The solver must avoid uncontrolled MKL/TBB oversubscription. Thread-count decisions are part of analysis metadata and validation reports.

## Validation Flow
```text
python scripts/validate_workspace.py
-> CMake configure
-> MSVC Debug build
-> CTest
-> feature-specific reference comparison tests
```

When no CMake project exists yet, validation may report the harness no-op path.
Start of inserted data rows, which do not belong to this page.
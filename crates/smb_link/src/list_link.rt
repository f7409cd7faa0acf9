//! A link in memory that gives a list of turns and tells its story. For tests.

ghost use Rattle.std.specs.Prelude.{◌≡◌, ◌≤◌, ◌<◌, ◌-◌, ◌&&◌, ◌++◌, ◌∷◌, [], OnOk, OnErr, IfOk, IsOk, IsTrue, Some, true, false, not, min, filter, length, take, drop, if◌then◌else◌};
ghost use Rattle.smb_link.specs.declared.event.Event.TheVariants as event;
ghost use Rattle.smb_link.specs.Count.{counted};
ghost use Rattle.smb_link.specs.Given.{gives, front_of, turns_behind, turns_after, piece_of, GivesNext};
ghost use Rattle.smb_link.specs.Once.{went, WentAfterConnect};
ghost use Rattle.smb_link.specs.Story.{story_with, is_failed, connect_cuts, StandsAfterConnect, connect_events, send_events, receive_events, is_closed, is_quiet, IfBytes};

use crate::event::{Event, EventList};
use crate::faults::{Got, LinkFail};
use crate::mark::Mark;
use crate::places::PlaceList;
use crate::traits::Link;
use smb_base::{Bytes, NoMemory};
use std::alloc::Global;
use std::marker::Model;

/// What a [`ListLink`](crate::ListLink) gives at a receive.
#[derive(Debug, Drop)]
pub enum Given {
    /// Bytes that come, in as many receives as the buffers ask for. An empty piece is passed over.
    Piece(Bytes),
    /// Nothing comes for a while.
    Quiet,
    /// The connection ends.
    Closed,
}

impl Given {
    /// Whether it gives anything: an empty piece does not.
    fn gives(&self) -> bool
        ensures { result ≡ gives self.now }
    {
        match self {
            Given::Piece(bytes) => !bytes.is_empty(),
            Given::Quiet => true,
            Given::Closed => true,
        }
    }
}

/// What comes next at a [`ListLink`].
#[derive(Clone, Copy)]
enum Front {
    Piece,
    Quiet,
    Closed,
}
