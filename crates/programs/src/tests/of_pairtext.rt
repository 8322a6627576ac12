// Runs of `pairtext`.
use super::check_ended;
use crate::pairtext::run;
use std::process::Abort;
use std::test::Fail;

const TEXT: &[u8] = b"link 1 2\n\tpartner 1\t# who?\n";

const STREAM: &[u8] = &[1, 0, 1, 0, 2, 5, 0, 1];

const LINES: &[u8] = b"link 1 2\npartner 1\n";

const HELP: &[u8] = b"\
Turns lines of commands into the bytes of a stream, or a stream into lines

Usage: pairtext [COMMAND]

Commands:
  encode            Reads lines and writes a stream (without a command too)
  decode, --decode  Reads a stream and writes lines

Options:
  -h, --help     Print help
  -V, --version  Print version

A line of text is one command: link A B, unlink A B, withdraw A, depart A, partner A.
A and B are loads, 0 to 65535. A comment begins with # and ends with its line.
";

// All goes well with these words, and the message is empty.
fn check_well(
    rt: &(impl Abort + AllocGlobal),
    words: &[&str],
    input: &[u8],
    output: &[u8],
) -> Result<(), Fail> {
    check_ended(rt, run(rt.alloc(), words, input), output, "", 0)
}

// There is no output, but this message.
fn check_message(
    rt: &(impl Abort + AllocGlobal),
    words: &[&str],
    input: &[u8],
    message: &str,
    status: u8,
) -> Result<(), Fail> {
    check_ended(rt, run(rt.alloc(), words, input), &[], message, status)
}

#[test]
fn both_ways(rt: HostRuntime) -> Result<(), Fail> {
    check_well(&rt, &["pairtext"], TEXT, STREAM)?;
    check_well(&rt, &["pairtext", "encode"], TEXT, STREAM)?;
    check_well(&rt, &["pairtext", "decode"], STREAM, LINES)?;
    check_well(&rt, &["pairtext", "--decode"], STREAM, LINES)
}

#[test]
fn help_and_version(rt: HostRuntime) -> Result<(), Fail> {
    check_well(&rt, &["pairtext", "--help"], TEXT, HELP)?;
    check_well(&rt, &["pairtext", "--version"], TEXT, b"pairtext 1.0.0\n")
}

const UNKNOWN_OPTION: &str = "\
error: unexpected argument '--encode' found

Usage: pairtext [COMMAND]

For more information, try '--help'.
";

const UNKNOWN_COMMAND: &str = "\
error: unrecognized subcommand 'examples/six_loads.txt'

Usage: pairtext [COMMAND]

For more information, try '--help'.
";

const ONE_WORD_MORE: &str = "\
error: unexpected argument 'six_loads.bin' found

Usage: pairtext {decode|--decode}

For more information, try '--help'.
";

#[test]
fn unknown_words(rt: HostRuntime) -> Result<(), Fail> {
    check_message(&rt, &["pairtext", "--encode"], TEXT, UNKNOWN_OPTION, 2)?;
    check_message(
        &rt,
        &["pairtext", "examples/six_loads.txt"],
        TEXT,
        UNKNOWN_COMMAND,
        2,
    )?;
    check_message(
        &rt,
        &["pairtext", "decode", "six_loads.bin"],
        STREAM,
        ONE_WORD_MORE,
        2,
    )
}

#[test]
fn bad_texts(rt: HostRuntime) -> Result<(), Fail> {
    check_message(
        &rt,
        &["pairtext"],
        b"link 0 1\nlnk 3\n",
        "line 2: \"lnk 3\" is no command (link A B, unlink A B, withdraw A, depart A, partner A)\n",
        1,
    )?;
    // 13,108 × 5 bytes are 65,540
    let mut text = Vec::new(rt.alloc());
    for _ in 0..13_108 {
        text.extend_from_slice(b"link 1 2\n")?;
    }
    check_message(
        &rt,
        &["pairtext", "encode"],
        text.as_slice(),
        "the commands come to more than 65536 bytes\n",
        1,
    )
}

#[test]
fn bad_streams(rt: HostRuntime) -> Result<(), Fail> {
    let words = &["pairtext", "decode"];
    check_message(
        &rt,
        words,
        &[1, 0, 1, 0, 2, 5, 0],
        "byte 5: the stream ends inside a command (refusal 13)\n",
        1,
    )?;
    check_message(
        &rt,
        words,
        &[1, 0, 1, 0, 2, 9],
        "byte 5: unknown command byte (refusal 12)\n",
        1,
    )?;
    check_message(
        &rt,
        words,
        &[5; 65_537],
        "the stream has more than 65536 bytes (refusal 3)\n",
        1,
    )
}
Once solver code is introduced, CMake/CTest validation is mandatory.

## Reference Artifact Flow
Agents do not run Abaqus or Nastran.

```text
Human-approved Abaqus run
-> stored HDF5 reference artifact under references/<feature>/<model-id>/
-> FESA solver HDF5 output
-> ReferenceComparator
-> pass/fail using abs-or-rel 1e-5
```

For `mitc4-linear-static-shell`, Abaqus S4R is primary and S4 is diagnostic.

## Performance Extension Direction
- Sparse matrix storage is the default global system representation.
- MKL direct solver is the first supported solver, but `LinearSolver` must allow future iterative solvers.
- Element stiffness and result recovery should be designed for type-specific batch kernels later, but not optimized before correctness evidence exists.
- MITC4 formulation should remain clear and reviewable until patch and reference comparisons pass.